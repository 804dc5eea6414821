//! The objects that `serve` serves: that of --key, and those of which a file of interfaces or
//! answers names the key. Each has an interface and answers, its own or those of all others.

use crate::object_operations::{Texts, texts_of};
use giop_at_fault::answers::{WIDE, of_answers};
use giop_connections::sending::{form_of, limits_of};
use giop_end::Limits;
use giop_files::files::interface_text::InterfaceText;
use giop_files::files::interfaces::{NOTHING, Offered, own_of};
use giop_files::files::read_or_report;
use giop_files::report;
use giop_files::report::refusals::{refuse_form, refuse_unsent};
use giop_files::report::texts;
use giop_json::{FormFault, interface_from_json};
use giop_names::interface_id;
use giop_serving::serve::answers::{Answers, answers_from_json};
use giop_serving::serve::given::Sending;
use giop_show::failure::Failure;
use giop_show::status::{Limit, Status};
use giop_types::Interface;
use giop_words::{FileWord, ServeWords};
use std::alloc::{AllocError, Global};

/// A file of answers that was read.
#[derive(Drop)]
pub struct Given<'a> {
    /// The key of the object whose it is; `None` where it is of all that have none of their own.
    pub key: Option<&'a [u8]>,
    /// The file's name.
    pub file: &'a str,
    /// What it holds.
    pub text: Vec<u8>,
}

/// What is served by words, and the files that they name.
#[derive(Clone, Copy)]
pub struct Asked<'b, 'a> {
    /// The words.
    pub words: &'b ServeWords<'a>,
    /// The files of interfaces.
    pub offered: &'b [Offered<'b>],
    /// Those of answers.
    pub given: &'b [Given<'b>],
}

/// An object: its key, and what it answers.
#[derive(Drop)]
pub struct Object {
    /// The key.
    pub key: Vec<u8>,
    /// The answers.
    pub answers: Answers,
}

/// The objects, of which the first is that of --key.
#[derive(Drop)]
pub struct Objects {
    /// What they offer.
    pub interface: Interface,
    /// Each of them.
    pub objects: Vec<Object>,
    /// The type id of the first.
    pub type_id: Vec<u8>,
}

/// The files of answers that words name, in their order, or the status where one can't be read,
/// which is reported.
pub(super) fn read_answers<'a>(
    rt: &HostRuntime,
    words: &'a [FileWord<'a>],
) -> Result<Vec<Given<'a>>, Status> {
    let mut given = Vec::new(rt.alloc());
    for word in words {
        let one = Given {
            key: word.key(),
            file: word.file,
            text: read_or_report(rt, word.file)?,
        };
        if given.push(one).is_err() {
            return Err(report::status_of(rt, word.file, Err(Failure::Memory)));
        }
    }
    Ok(given)
}

/// The objects, of which that of --key has this one, by the interface of all files; or the status
/// where answers are refused, which is reported. Where no file is of a single object, the interface
/// is that of the one object.
pub(super) fn objects_of(
    rt: &HostRuntime,
    asked: Asked<'_, '_>,
    key: &[u8],
    interface: Interface,
) -> Result<Objects, Status> {
    let keys = or_memory(rt, keys_of(rt.alloc(), asked, key))?;
    let type_id = or_memory(rt, type_id_of(rt.alloc(), asked, key, true))?;
    let mut all = interface;
    let mut objects = Vec::new(rt.alloc());
    let alone = !asked.is_apart();
    for (i, key) in keys.into_iter().enumerate() {
        let (own, answers) = object_of(rt, asked, key.as_slice(), i == 0)?;
        all = if alone {
            own
        } else {
            let key = or_memory(rt, key.clone())?;
            or_memory(rt, all.with_object(key, own))?
        };
        if objects.push(Object { key, answers }).is_err() {
            return Err(out_of_memory(rt));
        }
    }
    Ok(Objects {
        interface: all,
        objects,
        type_id,
    })
}

impl<'b, 'a> Asked<'b, 'a> {
    // Whether a file is of a single object.
    fn is_apart(&self) -> bool {
        self.offered.iter().any(|one| one.key.is_some())
            || self.given.iter().any(|one| one.key.is_some())
    }

    // The text of the interface of the object of a key: its own, else that of all others; `None`
    // where there is neither.
    fn text(&self, key: &[u8]) -> Option<&'b InterfaceText> {
        Some(&own_of(self.offered, key)?.text)
    }

    // The file of the answers of the object of a key, likewise.
    fn answers(&self, key: &[u8]) -> Option<&'b Given<'b>> {
        match self.given.iter().find(|one| one.key == Some(key)) {
            Some(own) => Some(own),
            None => self.given.iter().find(|one| one.key.is_none()),
        }
    }
}

// The keys of the objects: this one, and those that files name, each once.
fn keys_of(alloc: Global, asked: Asked<'_, '_>, key: &[u8]) -> Result<Vec<Vec<u8>>, AllocError> {
    let mut keys = Vec::new(alloc);
    keys.push(Vec::from_slice(alloc, key)?)?;
    for one in asked.offered {
        with_key(alloc, &mut keys, one.key)?;
    }
    for one in asked.given {
        with_key(alloc, &mut keys, one.key)?;
    }
    Ok(keys)
}

// Appends a key, where there is one that isn't among these.
fn with_key(alloc: Global, keys: &mut Vec<Vec<u8>>, key: Option<&[u8]>) -> Result<(), AllocError> {
    match key {
        Some(key) if !keys.iter().any(|other| other.as_slice() == key) => {
            keys.push(Vec::from_slice(alloc, key)?)?;
            Ok(())
        }
        _ => Ok(()),
    }
}

// What the object of a key offers and what it answers, or the status where the answers are refused,
// which is reported. The first is that of --key.
fn object_of(
    rt: &HostRuntime,
    asked: Asked<'_, '_>,
    key: &[u8],
    first: bool,
) -> Result<(Interface, Answers), Status> {
    let Some(given) = asked.answers(key) else {
        texts::text(rt, "--answers", "an object has no file of it");
        return Err(Status::Usage);
    };
    let offered = match asked.text(key) {
        Some(text) => text.as_slice(),
        None => NOTHING,
    };
    let type_id = or_memory(rt, type_id_of(rt.alloc(), asked, key, first))?;
    let texts = texts_of(
        rt.alloc(),
        offered,
        type_id.as_slice(),
        given.text.as_slice(),
    );
    let texts = or_memory(rt, texts)?;
    let Ok(interface) = interface_from_json(rt.alloc(), texts.interface.as_slice()) else {
        return Err(out_of_memory(rt));
    };
    let answers = answers_of(rt, asked.words, &interface, &texts, given)?;
    Ok((interface, answers))
}

// The octets of an object's type id: for the first the one of the words, where it is given; else
// its interface's own; none where there is neither.
fn type_id_of(
    alloc: Global,
    asked: Asked<'_, '_>,
    key: &[u8],
    first: bool,
) -> Result<Vec<u8>, AllocError> {
    if let (true, Some(type_id)) = (first, asked.words.type_id) {
        return Vec::from_slice(alloc, type_id.as_bytes());
    }
    let Some(text) = asked.text(key) else {
        return Ok(Vec::new(alloc));
    };
    match interface_id(alloc, text.given()) {
        Ok(Some(id)) => octets_of(alloc, id.as_str()),
        Err(FormFault::NoMemory) => Err(AllocError),
        _ => Ok(Vec::new(alloc)),
    }
}

// The octets that a text stands for; none where it stands for no string's.
fn octets_of(alloc: Global, text: &str) -> Result<Vec<u8>, AllocError> {
    let mut octets = Vec::with_capacity(alloc, text.len())?;
    for sign in text.chars() {
        match u8::try_from(u32::from(sign)) {
            Ok(octet) if octet > 0 => octets.push(octet)?,
            _ => return Ok(Vec::new(alloc)),
        }
    }
    Ok(octets)
}

// The answers of these texts, of which that of the file is given too; or the status where they are
// refused, which is reported.
fn answers_of(
    rt: &HostRuntime,
    words: &ServeWords<'_>,
    interface: &Interface,
    texts: &Texts,
    given: &Given<'_>,
) -> Result<Answers, Status> {
    let (alloc, lines, file) = (rt.alloc(), words.lines, given.file);
    let (answers, text) = (texts.answers.as_slice(), given.text.as_slice());
    let sending = sending_within(words, limits_of(words.limits));
    let fault = match answers_from_json(alloc, interface, sending, answers) {
        Ok(answers) => return Ok(answers),
        Err(fault) => fault,
    };
    let wide = sending_within(words, WIDE);
    if fault == FormFault::Unfit && answers_from_json(alloc, interface, wide, answers).is_ok() {
        let at = of_answers(alloc, texts.interface.as_slice(), text, sending, fault);
        let limit = limit_passed(alloc, words, interface, answers);
        return Err(refuse_unsent(rt, lines, file, limit, at));
    }
    let at = of_answers(alloc, texts.interface.as_slice(), text, wide, fault);
    Err(refuse_form(rt, lines, file, text, fault, at))
}

// How answers are sent within limits.
fn sending_within(words: &ServeWords<'_>, limits: Limits) -> Sending {
    Sending {
        form: form_of(words.sending),
        limits,
    }
}

// The limit that answers pass, of which the text is given: that of a message where a greater one
// lets them out, else that of octets that are gathered.
fn limit_passed(
    alloc: Global,
    words: &ServeWords<'_>,
    interface: &Interface,
    answers: &[u8],
) -> Limit {
    let mut limits = limits_of(words.limits);
    limits.message = u32::MAX;
    match answers_from_json(alloc, interface, sending_within(words, limits), answers) {
        Ok(_) => Limit::Message,
        Err(_) => Limit::Gathered,
    }
}

// What was made, or the status where it is out of memory, which is reported.
fn or_memory<T>(rt: &HostRuntime, made: Result<T, AllocError>) -> Result<T, Status> {
    match made {
        Ok(made) => Ok(made),
        Err(_) => Err(out_of_memory(rt)),
    }
}

// That it is out of memory.
fn out_of_memory(rt: &HostRuntime) -> Status {
    report::status_of(rt, "--answers", Err(Failure::Memory))
}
☆ ☆ ☆ ☆
• **What this task involves**
Answer with one number only: how many lines above contain the word "push".

• **Response to the exercise**
5